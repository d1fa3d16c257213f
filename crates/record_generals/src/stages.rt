// The stages of reading a list: the system, the words that it needs, and the width of the delay.
ghost use Rattle.std.specs.Prelude.{◌≡◌, ◌≤◌};
ghost use Rattle.bits.specs.Fields.{fields_at};
ghost use Rattle.bits.specs.Rows.{data_bits};
ghost use Rattle.record_generals.specs.Generals.{known_of, list_size, delay_width, head_widths, head_meant, staged_by};

use crate::rows::HEAD_WIDTHS;
use crate::{GeneralHead, Staged};
use answer::Refusal;
use frame::{Frame, Layout};
use record_stages::Asked;

// Whether a system is one of the four: 1 GPS, 2 GLONASS, 5 QZSS, 6 BDS.
#[tactic(auto, unfolding(crate::specs::Generals::other_system))]
pub(crate) fn known_of(system: u8) -> Result<(), Refusal>
    ensures { result ≡ known_of system }
{
    match system {
        1 | 2 | 5 | 6 => Ok(()),
        _ => Err(Refusal::OtherSystem),
    }
}

// Whether N words may be a list at all: not without a word, and not with one of type 41.
fn list_size(kind: u8, n: usize) -> Result<(), Refusal>
    ensures { result ≡ list_size kind n }
{
    if n == 0 || (kind == 41 && n == 1) {
        return Err(Refusal::WordCount);
    }
    Ok(())
}

// The width of the delay: all that differs in the two layouts.
pub(crate) fn delay_width(ionosphere: u8) -> u32
    ensures { (result ≡ delay_width ionosphere) × (result ≤ 12) }
{
    if ionosphere == 0 { 0 } else { 12 }
}

// The head that the first word of the data says.
pub(crate) fn head_from(words: [u32; 31]) -> GeneralHead
    ensures { result ≡ head_meant (fields_at head_widths 0 (data_bits words)) }
{
    let row = record_fields::fields(words, 0, &HEAD_WIDTHS);
    GeneralHead {
        system: row[0] as u8,
        signal: row[1] as u8,
        ephemeris: row[2] as u8,
        period: row[3] as u8,
        ionosphere: row[4] as u8,
    }
}

// Whether a frame may hold a list, and the width of its delays: 5, 6, 7, 8, 23. Whether N is of that layout is asked after it.
pub(crate) fn staged_of(frame: Frame) -> Staged
    ensures { result ≡ staged_by frame }
{
    let Ok(()) = frame::frame_widths(frame) else {
        return Staged::Refused(5);
    };
    let header = frame.header;
    let Asked::Same = record_stages::asked_of(Layout::General, header.kind) else {
        return Staged::Refused(6);
    };
    let Ok(()) = frame::clock_of(header.z) else {
        return Staged::Refused(7);
    };
    let Ok(()) = list_size(header.kind, frame.n) else {
        return Staged::Refused(8);
    };
    let words = frame.words;
    let head = head_from(words);
    let Ok(()) = known_of(head.system) else {
        return Staged::Refused(23);
    };
    Staged::List(delay_width(head.ionosphere))
}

• _Instructions for the task_: Among the lines above, return those that contain the string "GeneralHead".

• _Answer to this problem_:
use crate::{GeneralHead, Staged};
pub(crate) fn head_from(words: [u32; 31]) -> GeneralHead
    GeneralHead {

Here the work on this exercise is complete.